(adsbygoogle = window.adsbygoogle || []).push({}); 1. The problem statement, all variables and given/known data

Griffiths Problem 4.13

A very long cylinder, of radius a, carries a uniform polarization P perpendicular to its axis. Find the electric field inside the cylinder.
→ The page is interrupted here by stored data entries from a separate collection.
// How large the sheet of a text is, counted by its words: what the limits are asked of, before anything is written.
#![tactic(auto)]

ghost use Rattle.std.specs.Prelude.{◌≡◌, ◌<◌, max};
ghost use Rattle.sizes.specs.Counting.{tick, untick, of_guard, of_statement, acting_after, open_after, raised, counted, Below};
ghost use Rattle.sizes.specs.Sized.{Sized};

use kinds::{ACTION, AND, DO, END, ENDIF, IF, MOVE_TO, NOT_IN, STATE, WHEN};
use words::next_word;

// The numbers of states, when clauses, guard records, action clauses and statements, and how deep the deepest if is.
#[derive(Clone, Copy)]
pub struct Sizes {
    pub states: usize,
    pub whens: usize,
    pub guards: usize,
    pub actions: usize,
    pub statements: usize,
    pub deepest: usize,
}

// One more, where the test holds.
pub fn tick(yes: bool, n: usize) -> usize
    requires { n < 18446744073709551615 }
    ensures { result ≡ tick yes n }
{
    if yes { n + 1 } else { n }
}

// One less, where the test holds; never less than none.
fn untick(yes: bool, n: usize) -> usize
    ensures { result ≡ untick yes n }
{
    if yes { n.saturating_sub(1) } else { n }
}

// The greater of two, where the test holds, else the first.
fn raised(yes: bool, deepest: usize, ifs: usize) -> usize
    ensures { result ≡ raised yes deepest ifs }
{
    if yes { deepest.max(ifs) } else { deepest }
}

// The word has a guard record: and, or, not, in_state, not_in_state.
fn of_guard(kind: u8) -> bool
    ensures { result ≡ of_guard kind }
{
    (AND <= kind) & (kind <= NOT_IN)
}

// The word is a statement's first, behind an action: its state.
fn of_statement(kind: u8) -> bool
    ensures { result ≡ of_statement kind }
{
    (kind == MOVE_TO) | ((kind == DO) | (kind == IF))
}

// Whether an action: stands before, in the same state.
fn acting_after(acting: bool, kind: u8) -> bool
    ensures { result ≡ acting_after acting kind }
{
    (kind != STATE) & ((kind == ACTION) | acting)
}

// How many ifs are open behind a word.
fn open_after(ifs: usize, kind: u8) -> usize
    requires { ifs < 18446744073709551615 }
    ensures { result ≡ open_after ifs kind }
{
    untick(kind == ENDIF, tick(kind == IF, ifs))
}

// One word counted.
fn counted(n: Sizes, acting: bool, ifs: usize, kind: u8) -> Sizes
    requires { Below n 18446744073709551614 }
    ensures { result ≡ counted n acting ifs kind }
{
    Sizes {
        states: tick(kind == STATE, n.states),
        whens: tick(kind == WHEN, n.whens),
        guards: tick(of_guard(kind), n.guards),
        actions: tick(kind == ACTION, n.actions),
        statements: tick(of_statement(kind) & acting, n.statements),
        deepest: raised(kind == IF, n.deepest, ifs),
    }
}

// The sizes of a text, in one walk over its words.
pub fn sizes_of(text: &[u8]) -> Sizes
    ensures { Sized text.now result }
{
    let mut n = Sizes {
        states: 0,
        whens: 0,
        guards: 0,
        actions: 0,
        statements: 0,
        deepest: 0,
    };
    let mut acting = false;
    let mut ifs = 0;
    let mut at = 0;
    // No count: a step is a word long.
    loop {
        let word = next_word(text, at);
        let kind = word.kind;
        if kind == END {
            return n;
        }
        acting = acting_after(acting, kind);
        ifs = open_after(ifs, kind);
        n = counted(n, acting, ifs, kind);
        at = word.end;
    }
}
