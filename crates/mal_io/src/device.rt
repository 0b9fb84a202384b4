//! What every source and every sink does.
ghost use Rattle.std.specs.Prelude.{◌≡◌, ◌<◌, ◌≤◌, ℕ, List, IfOk, OnOk, OnErr, length};
ghost use Rattle.std.specs.{Io.{ReadsAtMost, WritesAtMost}, Io.KnownBytes.{ReadConsumes, WriteAppends}, declared.option.Option.{Option}};
ghost use Rattle.mal_io.specs.Moves.{Rose};

use thiserror::Error;

/// A device failed in a call, and counted it.
#[derive(Clone, Copy, Debug, PartialEq, Eq, Error)]
#[error("the device failed")]
pub struct Failed;

/// A device that gives bytes.
pub trait Source {
    /// The bytes still to come, where they are known.
    ghost left: { Self → Option (List ℕ) };

    /// How often the device has failed, up to the largest `u64`.
    ghost faults: { Self → ℕ };

    /// Moves the next bytes to the front of `into`, at most its length, and says how many. 0 for a
    /// slice that is not empty is the end of the input. After `Failed` no byte is lost; only then the count of
    /// faults rises.
    fn take(&mut self, into: &mut [u8]) -> Result<usize, Failed>
        ensures bound { ReadsAtMost result into.new }
        ensures bytes { ReadConsumes (left self.old) (left self.new) result into.new }
        ensures later { faults self.old ≤ faults self.new }
        ensures cause { OnErr result (Rose (faults self.old) (faults self.new)) }
        ensures counted { OnOk result (faults self.new ≡ faults self.old) };
}

/// A device that takes bytes.
pub trait Sink {
    /// The bytes that it got, where they are known.
    ghost got: { Self → Option (List ℕ) };

    /// How often the device has failed, up to the largest `u64`.
    ghost faults: { Self → ℕ };

    /// Takes bytes from the front of `bytes`, at least one where there is one, and says how many.
    /// After `Failed` it got nothing; only then the count of faults rises.
    fn put(&mut self, bytes: &[u8]) -> Result<usize, Failed>
        ensures bound { WritesAtMost result bytes.now }
        ensures bytes { WriteAppends (got self.old) (got self.new) result bytes.now }
        ensures moves { IfOk result (λ n. 0 < length bytes.now → 0 < n) }
        ensures later { faults self.old ≤ faults self.new }
        ensures cause { OnErr result (Rose (faults self.old) (faults self.new)) }
        ensures counted { OnOk result (faults self.new ≡ faults self.old) };
}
Show that the field outside the cylinder can be expressed in the form

[tex] \vec{E}(\vec{r}) = \frac{a^2}{2\epsilon_{0}s^2} \left[2(\vec{P}\cdot\vec{\hat{s}})\hat{s}-\vec{P}\right][/tex]

2. The attempt at a solution

Now i was wondering if i could use Laplace's equation here... since there is not volume charge.

If i were to use this equation to solve for the potnetial

[tex]V(\vec{r}) = \frac{1}{4 \pi\epsilon_{0}} \oint_{S} \frac{\sigma_{b}}{r} da' + \int_{V} \frac{\rho_{b}}{r} d\tau'[/tex]

Suppose we were solving for points inside then bound surface charge is zero and the volume charge cannot be zero

SInce the polarization is perpendicular to the axis, then the polarization is +P for theta from 0 to pi

but for theta from pi to 2pi then the polarization is -P correct??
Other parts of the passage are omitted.